//! Texts of certificates, and the verdicts after a byte or a number is changed.

use outline_check::label::Label;
use outline_check::labels::labels;
use outline_check::{Verdict, check_proofs};
use pt_base::is_closed_walk;
use pt_core::{NoMemory, Point, put_number};
use std::alloc::Global;
use std::test::Fail;

/// The start of a certificate: a page of one pixel with its path.
const ONE: &str = "proofs 1 1 1\npath 0,1 0,0 1,0 1,1\n";

/// The start of a certificate: a page of two pixels in a row with their path.
const TWO: &str = "proofs 2 1 1\npath 0,1 0,0 1,0 2,0 2,1 1,1\n";

/// The rest of both certificates.
const ONE_RIGHT: &str = "at 0 1 2 3\nlabels 4:0 3:0 2:0 1:0 0:0\n";

const TWO_RIGHT: &str = "at 0 2 4\nlabels 3:294 3:0 2:147 2:0 1:0 1:0 0:0\n";

const VERDICTS: &[(&str, &str, Verdict)] = &[
    (ONE, ONE_RIGHT, Verdict::Right(1)),
    (TWO, TWO_RIGHT, Verdict::Right(1)),
    (
        "proofs 32767 32767 1\npath 0,1 0,0 1,0 1,1\n",
        ONE_RIGHT,
        Verdict::Right(1),
    ),
    ("proofs 1 1 0\n", "", Verdict::Right(0)),
    // One label, vertex or point too many, one too few, or another one.
    (
        ONE,
        "at 0 1 2 3\nlabels 4:0 3:0 2:1 1:0 0:0\n",
        Verdict::Wrong(1),
    ),
    (
        ONE,
        "at 0 1 2 3\nlabels 4:0 3:0 2:0 1:0\n",
        Verdict::Wrong(1),
    ),
    (
        ONE,
        "at 0 1 2 3\nlabels 4:0 3:0 2:0 1:0 0:0 0:0\n",
        Verdict::Wrong(1),
    ),
    (ONE, "at 0\nlabels 4:0 3:0 2:0 1:0 0:0\n", Verdict::Wrong(1)),
    (
        ONE,
        "at 1 2 3\nlabels 4:0 3:0 2:0 1:0 0:0\n",
        Verdict::Wrong(1),
    ),
    (
        ONE,
        "at 0 1 2 3 4\nlabels 4:0 3:0 2:0 1:0 0:0\n",
        Verdict::Wrong(1),
    ),
    (
        TWO,
        "at 0 1 3 4\nlabels 3:294 3:0 2:147 2:0 1:0 1:0 0:0\n",
        Verdict::Wrong(1),
    ),
    // A polygon that is equally good but has a higher list, and labels of the lower one that aren't the least.
    (
        TWO,
        "at 0 3 5\nlabels 3:294 3:0 2:147 2:0 1:0 1:0 0:0\n",
        Verdict::Wrong(1),
    ),
    (
        TWO,
        "at 0 2 4\nlabels 3:294 3:294 2:147 2:0 1:0 1:0 0:0\n",
        Verdict::Wrong(1),
    ),
    (
        "proofs 1 1 1\npath 0,1 0,0 1,0\n",
        "at 0 1 2\nlabels 3:0 2:0 1:0 0:0\n",
        Verdict::Wrong(1),
    ),
    (
        "proofs 1 1 1\npath 0,1\n",
        "at 0\nlabels 0:0\n",
        Verdict::Wrong(1),
    ),
    // Two paths with the second one wrong, and three paths with the second and the third one wrong.
    (
        "proofs 1 1 2\n",
        "path 0,1 0,0 1,0 1,1\nat 0 1 2 3\nlabels 4:0 3:0 2:0 1:0 0:0\n\
         path 0,1 0,0 1,0 1,1\nat 0 1 2\nlabels 4:0 3:0 2:0 1:0 0:0\n",
        Verdict::Wrong(2),
    ),
    (
        "proofs 1 1 3\n",
        "path 0,1 0,0 1,0 1,1\nat 0 1 2 3\nlabels 4:0 3:0 2:0 1:0 0:0\n\
         path 0,1 0,0 1,0 1,1\nat 0 1 2\nlabels 4:0 3:0 2:0 1:0 0:0\n\
         path 0,1 0,0 1,0 1,1\nat 0 1 2\nlabels 4:0 3:0 2:0 1:0 0:0\n",
        Verdict::Wrong(2),
    ),
    // Texts that aren't certificates.
    ("", "", Verdict::BadProofs),
    ("proofs 1 1 0", "", Verdict::BadProofs),
    ("proofs 1 1 0\n", "\n", Verdict::BadProofs),
    (" proofs 1 1 0\n", "", Verdict::BadProofs),
    ("proofs  1 1 0\n", "", Verdict::BadProofs),
    ("proofs 01 1 0\n", "", Verdict::BadProofs),
    ("proofs 0 1 0\n", "", Verdict::BadProofs),
    ("proofs 1 32768 0\n", "", Verdict::BadProofs),
    ("proofs 1 1 4294967296\n", "", Verdict::BadProofs),
    (
        "proofs 1 1 2\npath 0,1 0,0 1,0 1,1\n",
        ONE_RIGHT,
        Verdict::BadProofs,
    ),
    (
        "proofs 1 1 0\npath 0,1 0,0 1,0 1,1\n",
        ONE_RIGHT,
        Verdict::BadProofs,
    ),
    (
        "proofs 1 1 1\npath 0,1 0,0 2,0 1,1\n",
        ONE_RIGHT,
        Verdict::BadProofs,
    ),
    (
        "proofs 1 1 1\npath 0,1 0,0 1,-0 1,1\n",
        ONE_RIGHT,
        Verdict::BadProofs,
    ),
    ("proofs 1 1 1\npath\n", ONE_RIGHT, Verdict::BadProofs),
    (ONE, "at\nlabels 4:0 3:0 2:0 1:0 0:0\n", Verdict::BadProofs),
    (ONE, "at 0 1 2 3\nlabels\n", Verdict::BadProofs),
    (
        ONE,
        "at 0 1 2 3 \nlabels 4:0 3:0 2:0 1:0 0:0\n",
        Verdict::BadProofs,
    ),
    (
        ONE,
        "at 0 1 2 3\nlabels 4:0 3:0 2:0 1:0 0:0",
        Verdict::BadProofs,
    ),
    (
        ONE,
        "at 0 1 2 3\nlabels 4:0 3:0 2:0 1:0 0\n",
        Verdict::BadProofs,
    ),
    (
        ONE,
        "at 0 1 2 3\nlabels 4:0 3:0 2:0 1:0 00:0\n",
        Verdict::BadProofs,
    ),
    (ONE, "at 0 1 2 4294967296\nlabels 0:0\n", Verdict::BadProofs),
    (
        ONE,
        "at 0 1 2 4294967295\nlabels 4294967295:18446744073709551615\n",
        Verdict::Wrong(1),
    ),
    (ONE, "at 0 1 2 3\nlabels 4294967296:0\n", Verdict::BadProofs),
    (
        ONE,
        "at 0 1 2 3\nlabels 4:0 3:0 2:0 1:0 0:18446744073709551616\n",
        Verdict::BadProofs,
    ),
];

#[test]
fn verdicts(rt: HostRuntime) -> Result<(), Fail> {
    for (row, (front, rest, verdict)) in VERDICTS.iter().enumerate() {
        let mut text = Vec::from_slice(rt.alloc(), front.as_bytes())?;
        text.extend_from_slice(rest.as_bytes())?;
        let found = check_proofs(rt.alloc(), &text)?;
        assert_eq!(rt; found, *verdict, "row {row}: {rest}");
    }
    Ok(())
}

/// The points of `TWO`, and the labels of each of them and of the end, as in `TWO_RIGHT`.
const TWO_POINTS: [Point; 6] = [
    Point { x: 0, y: 1 },
    Point { x: 0, y: 0 },
    Point { x: 1, y: 0 },
    Point { x: 2, y: 0 },
    Point { x: 2, y: 1 },
    Point { x: 1, y: 1 },
];

const TWO_LABELS: &[(u32, u128)] = &[(3, 294), (3, 0), (2, 147), (2, 0), (1, 0), (1, 0), (0, 0)];

#[test]
fn labels_of_two_pixels(rt: HostRuntime) -> Result<(), Fail> {
    let found = labels_of(rt.alloc(), &TWO_POINTS)?;
    assert_eq!(rt; found.len(), TWO_LABELS.len());
    for (i, (label, (count, cost))) in found.iter().zip(TWO_LABELS).enumerate() {
        assert_eq!(rt; (label.count, label.cost), (*count, *cost), "label {i}");
    }
    Ok(())
}

/// The right labels of a closed walk; none for other points.
fn labels_of(alloc: Global, points: &[Point]) -> Result<Vec<Label>, Fail> {
    if !is_closed_walk(points) {
        return Ok(Vec::new(alloc));
    }
    Ok(labels(alloc, points)?)
}

/// The certificate of two pixels in a row: its numbers, each with the text before it.
const NUMBERS: &[(&str, u64)] = &[
    ("proofs ", 2),
    (" ", 1),
    (" ", 1),
    ("\npath ", 0),
    (",", 1),
    (" ", 0),
    (",", 0),
    (" ", 1),
    (",", 0),
    (" ", 2),
    (",", 0),
    (" ", 2),
    (",", 1),
    (" ", 1),
    (",", 1),
    ("\nat ", 0),
    (" ", 2),
    (" ", 4),
    ("\nlabels ", 3),
    (":", 294),
    (" ", 3),
    (":", 0),
    (" ", 2),
    (":", 147),
    (" ", 2),
    (":", 0),
    (" ", 1),
    (":", 0),
    (" ", 1),
    (":", 0),
    (" ", 0),
    (":", 0),
];

/// The certificate with one number changed: one greater, one less, or twice as great and one more.
#[test]
fn each_number_changed(rt: HostRuntime) -> Result<(), Fail> {
    for (place, (_, number)) in NUMBERS.iter().enumerate() {
        for other in others(place, *number) {
            let text = text_with(rt.alloc(), place, other)?;
            let verdict = check_proofs(rt.alloc(), &text)?;
            assert!(rt;
                (verdict == Verdict::Right(1)) == (other == *number),
                "{place}: {other}"
            );
        }
    }
    Ok(())
}

/// Other numbers than this one. A page may be larger than its path needs, so its sides, which come first, only become
/// smaller.
fn others(place: usize, number: u64) -> [u64; 3] {
    let less = number.saturating_sub(1);
    if place < 2 {
        [less, less, less]
    } else {
        [
            less,
            number.wrapping_add(1),
            number.wrapping_mul(2).wrapping_add(1),
        ]
    }
}

/// The certificate with another number at this index.
fn text_with(alloc: Global, place: usize, other: u64) -> Result<Vec<u8>, NoMemory> {
    let mut text = Vec::new(alloc);
    for (k, (before, number)) in NUMBERS.iter().enumerate() {
        text.extend_from_slice(before.as_bytes())?;
        put_number(&mut text, if k == place { other } else { *number })?;
    }
    text.extend_from_slice(b"\n")?;
    Ok(text)
}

→ **Activity**
From the records above, pull every line that has the string "this" and copy it.

→ **Reply to the task**
/// Other numbers than this one. A page may be larger than its path needs, so its sides, which come first, only become
/// The certificate with another number at this index.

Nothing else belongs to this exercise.